Data extracted from a collection:
§ §
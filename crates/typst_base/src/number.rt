//! The kinds by their numbers, and the kind of errors.
ghost use Rattle.std.specs.Prelude.{◌≡◌, ◌↔◌, ◌<◌, ◌≤◌, IsNone, IsTrue, Some};
ghost use Rattle.typst_base.specs.KindNumber.{number_of};
ghost use Rattle.typst_base.specs.declared.kind.SyntaxKind.{SyntaxKind};
ghost use Rattle.typst_base.specs.declared.kind.SyntaxKind.TheVariants.{Error};

use crate::kind::{KINDS, SyntaxKind};

/// # Numbers
impl SyntaxKind {
    /// The kind's number, from 0 to 136, in the order of the variants.
    pub fn to_u8(self) -> u8
        ensures is { result ≡ number_of self }
        ensures small { result < 137 }
    {
        self as u8
    }

    /// The kind with this number, or `None` for 137 and above.
    pub fn from_u8(raw: u8) -> Option<SyntaxKind>
        ensures of_its_number { (kind : SyntaxKind) → number_of kind ≡ raw → result ≡ Some kind }
        ensures none { IsNone result ↔ (137 ≤ raw) }
    {
        let index = usize::from(raw);
        if index < KINDS.len() {
            Some(KINDS[index])
        } else {
            None
        }
    }

    /// Whether it is the kind of errors.
    pub fn is_error(self) -> bool
        ensures { IsTrue result ↔ (self ≡ Error) }
    {
        self == SyntaxKind::Error
    }
}
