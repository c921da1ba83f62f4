//! Values with spans.
ghost use Rattle.std.specs.Prelude.{◌≡◌};

use crate::diag_span::DiagSpan;
use crate::span::Span;
use std::fmt;

/// A span that can point nowhere.
pub trait SpanDetached {
    ghost SPAN_DETACHED: { Self };

    /// The span that points nowhere.
    const SPAN_DETACHED: Self;
}

impl SpanDetached for Span {
    ghost use Rattle.typst_base.specs.Span.{detached};

    ghost SPAN_DETACHED = { detached };

    const SPAN_DETACHED: Span = Span::NOWHERE;
}

impl SpanDetached for DiagSpan {
    ghost use Rattle.std.specs.Prelude.{None};
    ghost use Rattle.typst_base.specs.DiagSpan.{of_span};
    ghost use Rattle.typst_base.specs.Span.{detached};

    ghost SPAN_DETACHED = { of_span detached None };

    const SPAN_DETACHED: DiagSpan = DiagSpan::NOWHERE;
}

/// A value with the span of the place that it came from.
#[derive(Clone, Copy, PartialEq, Eq, Hash, Drop)]
pub struct Spanned<T, S: Copy + SpanDetached = Span> {
    /// The value.
    pub v: T,
    /// The place that it came from.
    pub span: S,
}

impl<T, S: Copy + SpanDetached> Spanned<T, S> {
    /// A value with its span.
    pub fn new(v: T, span: S) -> Spanned<T, S>
        ensures value { result.v ≡ v }
        ensures place { result.span ≡ span }
    {
        Spanned { v, span }
    }

    /// A value with a span that points nowhere.
    pub fn detached(v: T) -> Spanned<T, S>
        ensures value { result.v ≡ v }
        ensures place { result.span ≡ S.SPAN_DETACHED }
    {
        Spanned {
            v,
            span: S::SPAN_DETACHED,
        }
    }

    /// A reference to the value, with its span.
    pub fn as_ref(&self) -> Spanned<&T, S>
        ensures value { result.v.now ≡ self.now.v }
        ensures place { result.span ≡ self.now.span }
    {
        Spanned {
            v: &self.v,
            span: self.span,
        }
    }

    /// Applies a function to the value, and keeps the span.
    pub fn map<R, F: FnOnce(T) -> R>(self, f: F) -> Spanned<R, S>
        requires { F.pre f self.v }
        ensures value { F.post f self.v result.v }
        ensures place { result.span ≡ self.span }
    {
        let Self { v, span } = self;
        Spanned { v: f(v), span }
    }
}

impl<T: fmt::Debug, S: Copy + SpanDetached> fmt::Debug for Spanned<T, S> {
    /// Writes only the value.
    fn fmt<W: fmt::Write>(&self, f: &mut fmt::Formatter<W>) -> fmt::Result {
        self.v.fmt(f)
    }
}
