//! Kinds and spans of a syntax tree's nodes.
//!
//! - [`SyntaxKind`] says what a node is. A kind has a name, classes, and a rule for the mode after the node
//!   ([`ModeAfter`]). [`SyntaxSet`] is a set of kinds, [`SyntaxKinds`] iterates over its kinds, and [`named_sets`] has
//!   the sets that a parser asks for.
//! - [`Span`] is a place in a file, in one word: the number of a node, or a range of bytes. [`SubRange`] is a part of a
//!   node's bytes. [`DiagSpan`] is the place that a diagnostic is about. [`Spanned`] is a value with its span.
//! - [`RangeMapper`] maps the bytes of a text that was put together from segments back to the bytes of the original.
//!
//! ```text
//! let span = Span::from_number(FileId::FIRST, SpanNumber(5));
//! let first_two = DiagSpan::from_span(span, SubRange::new(0, 2));
//! let DiagSpanKind::Number { num, sub_range, .. } = first_two.get() else {
//!     return Err("no number")?;
//! };
//! assert!(rt; num.0 == 5 && sub_range.is_some());
//!
//! let kinds = named_sets::stmt().add(SyntaxKind::Hash);
//! assert!(rt; kinds.contains(SyntaxKind::Let) && kinds.contains(SyntaxKind::Hash));
//! ..
//! let mapper = RangeMapper::new(alloc, &[2..5, 8..10])?;
//! assert!(rt; mapper.total_len() == 5);
//! assert!(rt; mapper.map(2..4) == (4..9));
//! ```
#![tactic(auto)]

pub use diag_span::{DiagSpan, DiagSpanKind};
pub use kind::SyntaxKind;
pub use kinds::SyntaxKinds;
pub use mapper::{MapperError, RangeMapper};
pub use mode::{ModeAfter, SyntaxMode};
pub use set::SyntaxSet;
pub use span::{FileId, Span, SpanKind, SpanNumber};
pub use spanned::{SpanDetached, Spanned};
pub use sub_range::SubRange;

mod classes;
pub mod diag_span;
pub mod kind;
pub mod kinds;
pub mod mapper;
pub mod mode;
mod mode_after;
mod name;
pub mod named_sets;
mod number;
pub mod set;
pub mod span;
pub mod spanned;
pub mod sub_range;
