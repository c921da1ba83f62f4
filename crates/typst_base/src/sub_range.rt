//! Parts of a node's bytes.
ghost use Rattle.std.specs.Prelude.{◌≡◌, ◌+◌, ◌^◌, ◌<◌, ◌↔◌, IsTrue};
ghost use Rattle.typst_base.specs.SubRange.{MakesSubRange, moved};

use std::marker::Model;
use std::ops::Range;

/// A part of a node's bytes, counted from the node's first byte. It is never empty.
///
/// Both ends are at most 2^32 - 1.
#[derive(Clone, Copy, Debug, PartialEq, Eq, Hash)]
pub struct SubRange {
    start: u32,
    end: u32,
}

impl Model for SubRange {
    ghost use Rattle.std.specs.Prelude.{ℕ, ◌<◌};
    ghost use Rattle.std.specs.declared.ops.Range.{Range as Interval};

    ghost Value = { Interval ℕ };

    ghost view = { λ a. record { start = a.start; end = a.end } };

    ghost invariant = { λ a. a.start < a.end };

    ghost inverse = { λ d. record { start = d.start; end = d.end } };
}

impl SubRange {
    /// The largest end, 2^32 - 1.
    const END_MAX: usize = u32::MAX as usize;

    /// The part from `start` up to `end`, which isn't included. The end is cut to 2^32 - 1.
    ///
    /// It is `None` if nothing is left: unless `start < end` and `start` is below 2^32 - 1.
    pub fn new(start: usize, end: usize) -> Option<SubRange>
        ensures { MakesSubRange result start end }
    {
        let end = end.min(Self::END_MAX);
        if start >= end {
            return None;
        }
        Some(SubRange {
            start: start as u32,
            end: end as u32,
        })
    }

    /// The part, counted from the node's first byte.
    pub fn to_relative(self) -> Range<usize>
        ensures is { result ≡ self }
        ensures not_empty { self.start < self.end }
        ensures small { self.end < 2 ^ 32 }
    {
        self.start as usize..self.end as usize
    }

    /// Whether the part of a node that begins at this offset ends within a `usize`.
    pub fn fits_at(self, offset: usize) -> bool
        ensures { IsTrue result ↔ (self.end + offset < 2 ^ 64) }
    {
        self.end as usize <= usize::MAX - offset
    }

    /// The part as a range in the text, for a node that begins at this offset. The test of the condition is
    /// [`SubRange::fits_at`].
    pub fn to_absolute(self, offset: usize) -> Range<usize>
        requires { self.end + offset < 2 ^ 64 }
        ensures { result ≡ moved self offset }
    {
        self.start as usize + offset..self.end as usize + offset
    }
}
§ §
## Task item
Look above for the line with "pub fn as_ref(&self) -> Spanned<&T, S>"; retype exactly that line, every line after it up to the line with "is a value with its span.", and that line too, nothing else.

## Response area
    pub fn as_ref(&self) -> Spanned<&T, S>
        ensures value { result.v.now ≡ self.now.v }
        ensures place { result.span ≡ self.now.span }
    {
        Spanned {
            v: &self.v,
            span: self.span,
        }
    }

    /// Applies a function to the value, and keeps the span.
    pub fn map<R, F: FnOnce(T) -> R>(self, f: F) -> Spanned<R, S>
        requires { F.pre f self.v }
        ensures value { F.post f self.v result.v }
        ensures place { result.span ≡ self.span }
    {
        let Self { v, span } = self;
        Spanned { v: f(v), span }
    }
}

impl<T: fmt::Debug, S: Copy + SpanDetached> fmt::Debug for Spanned<T, S> {
    /// Writes only the value.
    fn fmt<W: fmt::Write>(&self, f: &mut fmt::Formatter<W>) -> fmt::Result {
        self.v.fmt(f)
    }
}
//! Kinds and spans of a syntax tree's nodes.
//!
//! - [`SyntaxKind`] says what a node is. A kind has a name, classes, and a rule for the mode after the node
//!   ([`ModeAfter`]). [`SyntaxSet`] is a set of kinds, [`SyntaxKinds`] iterates over its kinds, and [`named_sets`] has
//!   the sets that a parser asks for.
//! - [`Span`] is a place in a file, in one word: the number of a node, or a range of bytes. [`SubRange`] is a part of a
//!   node's bytes. [`DiagSpan`] is the place that a diagnostic is about. [`Spanned`] is a value with its span.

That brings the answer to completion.